Ходили слухи, что в "промотаевских подвалах" стоят какие-то средневековые пыточные станки: типа дыбы и "испанских сапог", и сам начальник местного ГПУ тов. Блудман очень любит допрашивать при их помощи представителей контрреволюционного элемента с целью разоблачения многочисленных заговорщиков, мечтающих свергнуть в Черноморске Советскую власть. заговорщики под неоспоримостью и тяжестью улик во всём, естественно, сознавались. Тов. Блудман числился на хорошем счету у высшего руководства карательных органов. И потому, весь Черноморск подспудно боялся "промотаевских подвалов".

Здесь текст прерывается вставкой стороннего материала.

// Hexadecimal and decimal text put into a slice from an index on. What has no room is not put.
ghost use Rattle.std.specs.Prelude.{◌≡◌, [], ◌∷◌, ◌+◌, ◌*◌, ◌≤◌, ◌<◌, length};
ghost use Rattle.std.proofs.lemmas.List.Edits.{sets};
ghost use Rattle.text.specs.Print.{digit_text, hex_text, decimal_text, number_text};

use crate::cut::head;

// The most digits that a decimal u64 has.
const DECIMAL_MAX_DIGITS: usize = 20;

// Puts one byte.
#[tactic(auto, using(octets::proofs::Stores::store_laws))]
pub fn put_byte(out: &mut [u8], at: usize, byte: u8)
    ensures { out.new ≡ sets out.old at (byte ∷ []) }
{
    if at < out.len() {
        out[at] = byte;
    }
}

// At most `most` digits of a value; how many it has.
#[tactic(auto, using(crate::proofs::PrintLaws::decimal_digits))]
fn put_digits(out: &mut [u8], at: usize, most: usize, value: u64) -> usize
    requires { (at ≤ length out.old) × (most ≤ 20) }
    ensures value { result ≡ length (decimal_text most value) }
    ensures upper_bound { result ≤ most }
    ensures out_after { out.new ≡ sets out.old at (decimal_text most value) }
{
    if most == 0 {
        return 0;
    }
    if value < 10 {
        put_byte(out, at, b'0' + value as u8);
        return 1;
    }
    let n = put_digits(out, at, most - 1, value / 10);
    put_byte(out, at + n, b'0' + (value % 10) as u8);
    n + 1
}

// Puts the decimal form of a value, and says how many digits it has.
#[tactic(auto, unfolding(crate::specs::Print::number_text), using(crate::proofs::PrintLaws::sets_from))]
pub fn put_decimal(out: &mut [u8], at: usize, value: u64) -> usize
    ensures value { result ≡ length (number_text value) }
    ensures upper_bound { result ≤ 20 }
    ensures out_after { out.new ≡ sets out.old at (number_text value) }
{
    let start = at.min(out.len());
    put_digits(out, start, DECIMAL_MAX_DIGITS, value)
}

// The hexadecimal digit of a value below 16.
#[tactic(auto, unfolding(crate::specs::Print::digit_text))]
fn hex_digit(value: u8) -> u8
    requires { value < 16 }
    ensures { result ≡ digit_text value }
{
    if value < 10 {
        b'0' + value
    } else {
        b'a' - 10 + value
    }
}

// Two digits for each byte, where twice the length of `out` is not passed.
#[tactic(auto, using(crate::proofs::PrintLaws::hex_text_turns))]
fn put_hex_within(out: &mut [u8], at: usize, bytes: &[u8])
    requires { at + 2 * length bytes.now ≤ 2 * length out.old }
    ensures { out.new ≡ sets out.old at (hex_text bytes.now) }
{
    for (i, &byte) in bytes.iter().enumerate() {
        put_byte(out, at + 2 * i, hex_digit(byte / 16));
        put_byte(out, at + 2 * i + 1, hex_digit(byte % 16));
    }
}

// Puts two lower-case hexadecimal digits for each byte, and says how many digits those are.
#[tactic(auto, using(octets::proofs::Stores::store_laws, crate::proofs::PrintLaws::hex_text_takes))]
pub fn put_hex(out: &mut [u8], at: usize, bytes: &[u8]) -> usize
    ensures value { result ≡ length (hex_text bytes.now) }
    ensures out_after { out.new ≡ sets out.old at (hex_text bytes.now) }
{
    let digits = 2 * bytes.len();
    if at < out.len() {
        let room = out.len() - at;
        put_hex_within(out, at, head(bytes, room));
    }
    digits
}
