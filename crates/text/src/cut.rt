// A text cut at a separator.
ghost use Rattle.std.specs.Prelude.{◌≡◌, [], ◌∷◌, ◌+◌, ◌-◌, IfNone, IfSome, min, length, take, drop};
ghost use Rattle.text.specs.Text.{pieces, Cut};

use octets::{part, rest};

// The bytes that end a line and part its fields.
pub const LINE_END: u8 = b'\n';

pub const COMMA: u8 = b',';

// The index of the first c in s, or the length of s.
pub fn find(s: &[u8], c: u8) -> usize
    ensures { Cut c s.now result }
{
    s.iter().position(|&byte| byte == c).unwrap_or(s.len())
}

// The piece of s before index e.
pub fn head(s: &[u8], e: usize) -> &[u8]
    ensures result_value { result.now ≡ take e s.now }
    ensures result_len { length result.now ≡ min e (length s.now) }
{
    part(s, 0, e)
}

// What follows the separator at e.
pub fn tail(s: &[u8], e: usize) -> &[u8]
    ensures result_value { result.now ≡ drop (e + 1) s.now }
    ensures result_len { length result.now ≡ length s.now - (e + 1) }
{
    rest(rest(s, e), 1)
}

// What stands before the first c and what behind it, none where there is no c.
pub fn split_once(s: &[u8], c: u8) -> Option<(&[u8], &[u8])>
    ensures none { IfNone result (pieces c s.now ≡ s.now ∷ []) }
    ensures some { IfSome result (λ cut. pieces c s.now ≡ cut.0.now ∷ pieces c cut.1.now) }
    ensures some_place { IfSome result (λ cut.
        (cut.0.now ≡ take (length cut.0.now) s.now) × (cut.1.now ≡ drop (length cut.0.now + 1) s.now)) }
    ensures some_len { IfSome result (λ cut. length cut.0.now + 1 + length cut.1.now ≡ length s.now) }
{
    let end = find(s, c);
    if end == s.len() {
        return None;
    }
    Some((head(s, end), tail(s, end)))
}

// How many pieces c cuts s into. A sum, and not `filter` and `count`, so that the compiler tests several bytes at once.
#[tactic(auto, using(crate::proofs::Pieces::count_turns))]
pub fn count(s: &[u8], c: u8) -> usize
    ensures { result ≡ length (pieces c s.now) }
{
    let mut found = 1;
    for &byte in s {
        found += usize::from(byte == c);
    }
    found
}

Остап Бендер был в Черноморске относительно новым человеком. Он считал себя "человеком мира" и длительному осёдлому образу жизни пока не приспособился. Черноморск стал вынужденной стоянкой Великого комбинатора после полного фиаско его последней комбинации с "миллионом Корейко". Он уже подумывал рвануть в столицу или в "Северную Пальмиру", чтобы развить там очередную кипучую деятельность, когда неожиданная встреча с Зосей Синицкой всколыхнула его душу.
Ход мыслей Остапа принял иной оборот. В его душе снова проснулся давно спящий поэт и вольный художник-лирик. Рядом с ним по тёмным улицам приморского города шла хорошенькая девушка, в которую он был почти год назад влюблён. Усилием титанической воли Остап заглушил эту влюблённость, узнав о замужестве Зоси. Но сейчас всё переменилось. С ночного весеннего моря дул лёгкий чуть солоноватый ветерок. На набережной бурно цвели каштаны. Они горели в темноте, словно белые фонарики. Голова слегка кружилась от выпитого в ресторане шампанского. Зося держала Остапа под руку. Она тоже была немного пьяна. И это общее обстоятельство придало обеим смелость. Остап остановился, порывисто обнял Зосю и поцеловал её в мягкие податливые губы. Зося ответила на поцелуй и прижалась всем телом, как недавно во время танца. Они стояли возле Чёрной рамки какого-то проходного двора, неподалёку от дома Зоси.
- Я люблю вас, Зося. Я вас по-прежнему люблю, - проговорил Остап девушке на ухо между двумя поцелуями.
Зося ничего не ответила, но поцеловала Остапа так страстно, что он всё понял без слов.
Они стояли, целовались, не отрываясь друг от друга. И вдруг на плечо Остапа легла тяжёлая рука.
- Чудачек, - произнёс не грубый, а даже какой-то мелодичный голос, - табачком не богат?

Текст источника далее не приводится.